Start of Source records
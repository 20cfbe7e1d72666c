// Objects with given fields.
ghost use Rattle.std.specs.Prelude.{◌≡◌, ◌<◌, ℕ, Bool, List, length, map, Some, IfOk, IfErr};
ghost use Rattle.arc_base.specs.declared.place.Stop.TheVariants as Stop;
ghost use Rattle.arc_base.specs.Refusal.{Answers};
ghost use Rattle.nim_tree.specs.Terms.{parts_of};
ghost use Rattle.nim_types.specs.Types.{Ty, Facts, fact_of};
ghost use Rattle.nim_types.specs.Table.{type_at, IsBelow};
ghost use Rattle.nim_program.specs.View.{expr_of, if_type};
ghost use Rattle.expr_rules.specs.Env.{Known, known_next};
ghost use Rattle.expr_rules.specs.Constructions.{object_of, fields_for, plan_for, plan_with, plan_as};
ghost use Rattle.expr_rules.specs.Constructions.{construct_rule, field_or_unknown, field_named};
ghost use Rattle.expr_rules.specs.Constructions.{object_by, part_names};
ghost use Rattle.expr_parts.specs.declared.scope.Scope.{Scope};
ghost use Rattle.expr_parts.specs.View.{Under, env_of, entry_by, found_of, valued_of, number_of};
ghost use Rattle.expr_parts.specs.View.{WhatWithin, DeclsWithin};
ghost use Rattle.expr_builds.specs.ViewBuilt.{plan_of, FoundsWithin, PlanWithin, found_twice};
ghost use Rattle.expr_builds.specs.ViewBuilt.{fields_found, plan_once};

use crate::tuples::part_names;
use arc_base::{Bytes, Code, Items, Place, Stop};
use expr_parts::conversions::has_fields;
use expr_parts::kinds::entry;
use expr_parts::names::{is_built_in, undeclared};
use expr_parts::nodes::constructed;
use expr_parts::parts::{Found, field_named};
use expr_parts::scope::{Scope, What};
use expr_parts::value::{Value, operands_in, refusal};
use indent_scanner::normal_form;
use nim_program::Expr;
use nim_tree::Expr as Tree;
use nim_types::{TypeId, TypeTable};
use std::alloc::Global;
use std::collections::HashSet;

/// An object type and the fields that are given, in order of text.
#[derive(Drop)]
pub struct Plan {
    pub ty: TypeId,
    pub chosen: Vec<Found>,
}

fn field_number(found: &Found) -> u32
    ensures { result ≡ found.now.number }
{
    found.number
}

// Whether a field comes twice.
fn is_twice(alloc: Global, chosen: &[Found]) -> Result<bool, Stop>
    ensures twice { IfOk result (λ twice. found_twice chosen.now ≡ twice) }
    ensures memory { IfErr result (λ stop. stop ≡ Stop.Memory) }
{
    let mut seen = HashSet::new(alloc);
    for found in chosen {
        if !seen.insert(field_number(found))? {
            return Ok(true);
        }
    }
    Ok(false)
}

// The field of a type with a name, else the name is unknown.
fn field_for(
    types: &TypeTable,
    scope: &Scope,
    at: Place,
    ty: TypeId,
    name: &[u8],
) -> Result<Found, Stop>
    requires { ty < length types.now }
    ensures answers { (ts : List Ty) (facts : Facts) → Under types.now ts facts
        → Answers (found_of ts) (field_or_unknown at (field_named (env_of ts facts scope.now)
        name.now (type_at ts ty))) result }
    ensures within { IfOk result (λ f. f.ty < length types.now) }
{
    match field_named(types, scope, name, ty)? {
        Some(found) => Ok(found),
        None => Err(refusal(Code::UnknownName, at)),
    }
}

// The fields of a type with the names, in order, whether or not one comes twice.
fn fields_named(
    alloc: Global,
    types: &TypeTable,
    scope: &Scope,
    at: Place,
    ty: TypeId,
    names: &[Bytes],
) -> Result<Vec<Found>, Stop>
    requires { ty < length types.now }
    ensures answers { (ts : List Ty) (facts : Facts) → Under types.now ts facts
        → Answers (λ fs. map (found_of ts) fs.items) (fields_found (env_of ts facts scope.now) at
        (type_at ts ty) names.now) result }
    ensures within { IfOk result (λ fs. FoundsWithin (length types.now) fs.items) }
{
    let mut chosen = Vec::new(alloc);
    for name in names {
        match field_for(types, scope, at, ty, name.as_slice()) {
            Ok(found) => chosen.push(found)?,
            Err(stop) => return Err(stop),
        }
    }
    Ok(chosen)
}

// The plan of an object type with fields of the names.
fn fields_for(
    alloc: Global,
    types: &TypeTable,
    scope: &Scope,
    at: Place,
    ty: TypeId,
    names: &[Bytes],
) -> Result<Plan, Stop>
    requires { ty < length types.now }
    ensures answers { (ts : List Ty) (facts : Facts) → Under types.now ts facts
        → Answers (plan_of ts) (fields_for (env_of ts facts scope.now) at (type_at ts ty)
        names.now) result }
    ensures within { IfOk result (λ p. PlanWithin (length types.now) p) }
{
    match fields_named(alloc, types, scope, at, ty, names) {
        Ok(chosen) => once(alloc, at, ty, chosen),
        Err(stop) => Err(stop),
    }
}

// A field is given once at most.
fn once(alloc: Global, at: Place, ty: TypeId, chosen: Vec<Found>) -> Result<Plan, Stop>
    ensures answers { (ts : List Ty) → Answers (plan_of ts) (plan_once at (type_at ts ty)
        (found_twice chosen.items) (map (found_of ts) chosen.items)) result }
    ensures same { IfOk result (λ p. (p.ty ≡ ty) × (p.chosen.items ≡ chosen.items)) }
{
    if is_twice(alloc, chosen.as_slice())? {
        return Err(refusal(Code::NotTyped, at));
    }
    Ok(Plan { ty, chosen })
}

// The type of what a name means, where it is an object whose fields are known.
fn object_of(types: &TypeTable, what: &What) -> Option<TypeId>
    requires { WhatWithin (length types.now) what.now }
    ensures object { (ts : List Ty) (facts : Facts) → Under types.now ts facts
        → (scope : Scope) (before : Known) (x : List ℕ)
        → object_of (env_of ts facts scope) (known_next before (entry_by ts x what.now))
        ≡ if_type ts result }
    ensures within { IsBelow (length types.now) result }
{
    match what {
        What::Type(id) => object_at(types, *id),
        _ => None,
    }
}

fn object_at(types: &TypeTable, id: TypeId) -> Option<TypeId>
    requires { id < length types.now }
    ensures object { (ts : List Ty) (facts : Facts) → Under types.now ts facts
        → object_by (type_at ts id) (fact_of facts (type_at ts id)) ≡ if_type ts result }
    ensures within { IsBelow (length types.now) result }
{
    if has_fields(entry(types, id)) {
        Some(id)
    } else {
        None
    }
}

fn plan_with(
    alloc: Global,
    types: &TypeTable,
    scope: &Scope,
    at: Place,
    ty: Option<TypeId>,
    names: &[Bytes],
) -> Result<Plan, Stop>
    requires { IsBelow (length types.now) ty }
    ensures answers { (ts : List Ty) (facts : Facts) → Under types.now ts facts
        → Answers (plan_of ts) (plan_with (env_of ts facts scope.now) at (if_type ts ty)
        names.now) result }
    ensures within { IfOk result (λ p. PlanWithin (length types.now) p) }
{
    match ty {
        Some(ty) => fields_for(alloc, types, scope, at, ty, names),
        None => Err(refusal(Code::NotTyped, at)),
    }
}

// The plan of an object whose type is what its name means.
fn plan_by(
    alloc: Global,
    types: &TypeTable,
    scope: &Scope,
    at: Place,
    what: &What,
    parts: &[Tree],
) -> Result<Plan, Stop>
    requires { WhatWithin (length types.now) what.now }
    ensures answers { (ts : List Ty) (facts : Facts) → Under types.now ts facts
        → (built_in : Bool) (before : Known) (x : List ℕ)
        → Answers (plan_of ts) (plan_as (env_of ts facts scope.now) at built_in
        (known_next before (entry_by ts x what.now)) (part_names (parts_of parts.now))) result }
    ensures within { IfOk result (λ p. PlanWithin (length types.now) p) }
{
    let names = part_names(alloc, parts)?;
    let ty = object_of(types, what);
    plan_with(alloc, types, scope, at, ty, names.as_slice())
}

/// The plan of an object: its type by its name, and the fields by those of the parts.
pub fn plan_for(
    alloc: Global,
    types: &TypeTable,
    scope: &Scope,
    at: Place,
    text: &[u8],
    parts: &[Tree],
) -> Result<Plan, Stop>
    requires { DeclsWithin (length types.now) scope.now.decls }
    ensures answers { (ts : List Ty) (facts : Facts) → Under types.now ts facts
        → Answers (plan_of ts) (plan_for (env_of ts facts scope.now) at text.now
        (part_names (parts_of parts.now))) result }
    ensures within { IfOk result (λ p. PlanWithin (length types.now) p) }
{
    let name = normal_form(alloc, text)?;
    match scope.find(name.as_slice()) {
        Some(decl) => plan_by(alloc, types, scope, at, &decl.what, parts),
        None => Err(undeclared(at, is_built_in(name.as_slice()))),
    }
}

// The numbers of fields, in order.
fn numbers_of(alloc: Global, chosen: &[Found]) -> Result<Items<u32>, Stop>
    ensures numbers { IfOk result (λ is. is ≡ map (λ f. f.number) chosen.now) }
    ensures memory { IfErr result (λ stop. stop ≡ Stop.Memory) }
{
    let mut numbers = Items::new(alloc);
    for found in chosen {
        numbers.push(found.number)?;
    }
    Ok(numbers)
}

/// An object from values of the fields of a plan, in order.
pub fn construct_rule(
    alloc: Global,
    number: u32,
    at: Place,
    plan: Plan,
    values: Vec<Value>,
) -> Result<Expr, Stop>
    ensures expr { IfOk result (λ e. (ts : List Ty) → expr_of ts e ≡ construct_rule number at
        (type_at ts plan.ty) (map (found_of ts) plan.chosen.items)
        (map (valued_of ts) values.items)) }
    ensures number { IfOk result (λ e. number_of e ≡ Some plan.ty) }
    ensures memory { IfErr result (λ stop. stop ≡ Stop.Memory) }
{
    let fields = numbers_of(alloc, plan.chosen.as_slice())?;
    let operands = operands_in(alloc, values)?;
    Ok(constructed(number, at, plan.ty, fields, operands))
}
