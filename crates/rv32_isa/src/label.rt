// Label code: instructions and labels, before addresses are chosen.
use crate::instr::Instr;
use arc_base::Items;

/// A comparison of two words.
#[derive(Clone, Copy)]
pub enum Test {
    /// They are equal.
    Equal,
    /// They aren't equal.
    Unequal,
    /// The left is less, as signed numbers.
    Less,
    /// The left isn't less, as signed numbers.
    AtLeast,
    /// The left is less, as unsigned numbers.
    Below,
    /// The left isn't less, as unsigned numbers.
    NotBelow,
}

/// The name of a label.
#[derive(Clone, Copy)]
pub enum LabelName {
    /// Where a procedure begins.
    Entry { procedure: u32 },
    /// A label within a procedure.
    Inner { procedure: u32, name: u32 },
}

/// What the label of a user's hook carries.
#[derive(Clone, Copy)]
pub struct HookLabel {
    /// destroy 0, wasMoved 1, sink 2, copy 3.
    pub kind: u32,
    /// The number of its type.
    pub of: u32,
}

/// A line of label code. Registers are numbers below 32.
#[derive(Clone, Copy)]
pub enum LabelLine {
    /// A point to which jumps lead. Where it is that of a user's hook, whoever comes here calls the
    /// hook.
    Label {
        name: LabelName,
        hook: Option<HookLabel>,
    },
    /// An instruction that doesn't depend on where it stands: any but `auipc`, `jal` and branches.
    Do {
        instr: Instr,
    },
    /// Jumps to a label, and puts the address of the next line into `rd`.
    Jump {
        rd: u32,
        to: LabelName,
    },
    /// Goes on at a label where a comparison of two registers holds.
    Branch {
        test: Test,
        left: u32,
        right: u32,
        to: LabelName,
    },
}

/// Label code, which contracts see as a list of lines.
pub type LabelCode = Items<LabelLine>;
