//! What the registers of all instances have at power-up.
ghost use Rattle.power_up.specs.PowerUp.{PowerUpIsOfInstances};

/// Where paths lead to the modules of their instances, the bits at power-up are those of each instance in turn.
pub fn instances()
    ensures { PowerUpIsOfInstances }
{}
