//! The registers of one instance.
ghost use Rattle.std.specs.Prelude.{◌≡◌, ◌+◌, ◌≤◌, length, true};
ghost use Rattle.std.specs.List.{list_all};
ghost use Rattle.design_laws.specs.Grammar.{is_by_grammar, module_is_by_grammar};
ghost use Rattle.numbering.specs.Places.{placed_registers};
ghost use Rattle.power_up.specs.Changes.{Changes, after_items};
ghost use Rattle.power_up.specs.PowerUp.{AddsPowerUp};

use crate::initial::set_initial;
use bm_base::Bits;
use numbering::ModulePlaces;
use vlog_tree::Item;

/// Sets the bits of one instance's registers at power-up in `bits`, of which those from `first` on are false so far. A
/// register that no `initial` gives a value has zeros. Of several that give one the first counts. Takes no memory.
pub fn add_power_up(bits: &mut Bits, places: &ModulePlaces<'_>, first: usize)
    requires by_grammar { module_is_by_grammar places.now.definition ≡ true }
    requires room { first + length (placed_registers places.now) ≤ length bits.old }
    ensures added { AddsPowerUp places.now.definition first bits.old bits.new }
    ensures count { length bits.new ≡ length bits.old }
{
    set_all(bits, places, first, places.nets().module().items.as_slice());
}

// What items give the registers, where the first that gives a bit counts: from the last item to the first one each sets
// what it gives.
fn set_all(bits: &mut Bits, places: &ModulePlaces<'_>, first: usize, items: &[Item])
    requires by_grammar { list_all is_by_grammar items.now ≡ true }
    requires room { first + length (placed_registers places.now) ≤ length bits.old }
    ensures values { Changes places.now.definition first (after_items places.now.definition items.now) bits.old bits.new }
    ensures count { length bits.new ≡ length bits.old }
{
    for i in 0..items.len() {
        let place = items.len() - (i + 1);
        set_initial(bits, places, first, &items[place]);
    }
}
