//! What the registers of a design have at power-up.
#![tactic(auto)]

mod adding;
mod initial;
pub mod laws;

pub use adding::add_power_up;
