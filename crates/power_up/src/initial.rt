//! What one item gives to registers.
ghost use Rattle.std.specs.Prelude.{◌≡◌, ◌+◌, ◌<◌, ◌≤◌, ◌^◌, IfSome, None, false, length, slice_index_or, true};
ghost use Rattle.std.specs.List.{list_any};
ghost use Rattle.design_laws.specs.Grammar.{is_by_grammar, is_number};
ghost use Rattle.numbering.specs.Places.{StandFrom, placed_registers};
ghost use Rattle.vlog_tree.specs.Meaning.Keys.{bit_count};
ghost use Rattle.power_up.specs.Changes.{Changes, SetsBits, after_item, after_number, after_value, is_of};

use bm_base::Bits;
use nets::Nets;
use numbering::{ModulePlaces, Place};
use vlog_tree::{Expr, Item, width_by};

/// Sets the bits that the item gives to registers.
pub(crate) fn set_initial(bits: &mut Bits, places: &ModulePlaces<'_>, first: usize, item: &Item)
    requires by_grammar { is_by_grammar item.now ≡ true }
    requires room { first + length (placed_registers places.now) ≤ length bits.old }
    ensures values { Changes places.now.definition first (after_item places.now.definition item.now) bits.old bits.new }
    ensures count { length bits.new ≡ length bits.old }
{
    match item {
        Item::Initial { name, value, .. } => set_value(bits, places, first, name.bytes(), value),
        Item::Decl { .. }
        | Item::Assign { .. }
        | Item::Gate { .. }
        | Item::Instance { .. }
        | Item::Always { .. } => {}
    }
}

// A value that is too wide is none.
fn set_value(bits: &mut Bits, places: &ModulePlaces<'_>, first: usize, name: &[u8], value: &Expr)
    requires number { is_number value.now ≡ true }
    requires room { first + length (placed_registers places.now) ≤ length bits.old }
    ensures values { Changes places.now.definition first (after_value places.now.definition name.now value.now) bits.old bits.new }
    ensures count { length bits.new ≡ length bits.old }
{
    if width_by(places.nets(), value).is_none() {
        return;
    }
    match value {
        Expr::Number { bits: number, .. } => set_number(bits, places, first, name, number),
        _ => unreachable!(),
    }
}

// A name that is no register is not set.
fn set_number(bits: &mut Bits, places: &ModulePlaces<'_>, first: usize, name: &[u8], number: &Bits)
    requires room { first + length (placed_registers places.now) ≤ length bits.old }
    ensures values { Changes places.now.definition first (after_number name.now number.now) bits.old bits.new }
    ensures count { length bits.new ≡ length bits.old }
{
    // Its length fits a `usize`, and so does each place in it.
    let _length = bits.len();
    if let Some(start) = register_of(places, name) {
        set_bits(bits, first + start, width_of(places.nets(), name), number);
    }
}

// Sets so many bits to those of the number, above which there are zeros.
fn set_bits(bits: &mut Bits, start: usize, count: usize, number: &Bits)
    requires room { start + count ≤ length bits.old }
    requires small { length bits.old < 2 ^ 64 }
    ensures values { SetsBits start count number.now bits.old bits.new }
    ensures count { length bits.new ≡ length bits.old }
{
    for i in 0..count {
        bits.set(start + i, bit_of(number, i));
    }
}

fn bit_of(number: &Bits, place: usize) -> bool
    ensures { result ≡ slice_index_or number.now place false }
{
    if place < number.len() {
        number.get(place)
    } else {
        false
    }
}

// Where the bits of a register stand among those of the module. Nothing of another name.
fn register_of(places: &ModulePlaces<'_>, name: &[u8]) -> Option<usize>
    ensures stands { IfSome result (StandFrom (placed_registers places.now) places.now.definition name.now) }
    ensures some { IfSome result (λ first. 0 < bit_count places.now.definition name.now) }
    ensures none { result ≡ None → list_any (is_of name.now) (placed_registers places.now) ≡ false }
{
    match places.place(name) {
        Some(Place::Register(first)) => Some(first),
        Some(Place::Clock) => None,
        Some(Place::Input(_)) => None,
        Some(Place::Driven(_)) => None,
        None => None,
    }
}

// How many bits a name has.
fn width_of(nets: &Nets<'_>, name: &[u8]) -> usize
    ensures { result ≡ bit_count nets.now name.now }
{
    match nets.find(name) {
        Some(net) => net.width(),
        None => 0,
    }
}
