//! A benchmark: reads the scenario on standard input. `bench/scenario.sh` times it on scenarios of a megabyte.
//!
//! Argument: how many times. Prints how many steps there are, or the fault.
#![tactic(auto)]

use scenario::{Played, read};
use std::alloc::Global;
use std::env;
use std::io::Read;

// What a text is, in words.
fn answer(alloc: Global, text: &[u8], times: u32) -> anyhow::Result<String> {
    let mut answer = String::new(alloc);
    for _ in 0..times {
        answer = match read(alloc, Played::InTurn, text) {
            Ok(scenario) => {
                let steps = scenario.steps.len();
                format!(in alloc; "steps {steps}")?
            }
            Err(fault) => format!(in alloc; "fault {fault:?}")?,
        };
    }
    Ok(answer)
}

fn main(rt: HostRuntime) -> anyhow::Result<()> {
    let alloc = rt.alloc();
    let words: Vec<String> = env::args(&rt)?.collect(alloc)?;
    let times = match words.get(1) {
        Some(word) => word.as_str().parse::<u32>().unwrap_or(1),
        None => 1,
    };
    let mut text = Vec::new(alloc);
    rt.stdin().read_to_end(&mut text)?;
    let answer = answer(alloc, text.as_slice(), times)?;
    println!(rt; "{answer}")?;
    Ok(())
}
End of Source records
• [Your goal]: Could you set down, word for word, only the lines above from the line with "pub(crate) fn set_initial(bits: &mut" to the line with "wide is none.", including both?

• [Response area]:
pub(crate) fn set_initial(bits: &mut Bits, places: &ModulePlaces<'_>, first: usize, item: &Item)
    requires by_grammar { is_by_grammar item.now ≡ true }
    requires room { first + length (placed_registers places.now) ≤ length bits.old }
    ensures values { Changes places.now.definition first (after_item places.now.definition item.now) bits.old bits.new }
    ensures count { length bits.new ≡ length bits.old }
{
    match item {
        Item::Initial { name, value, .. } => set_value(bits, places, first, name.bytes(), value),
        Item::Decl { .. }
        | Item::Assign { .. }
        | Item::Gate { .. }
        | Item::Instance { .. }
        | Item::Always { .. } => {}
    }
}

// A value that is too wide is none.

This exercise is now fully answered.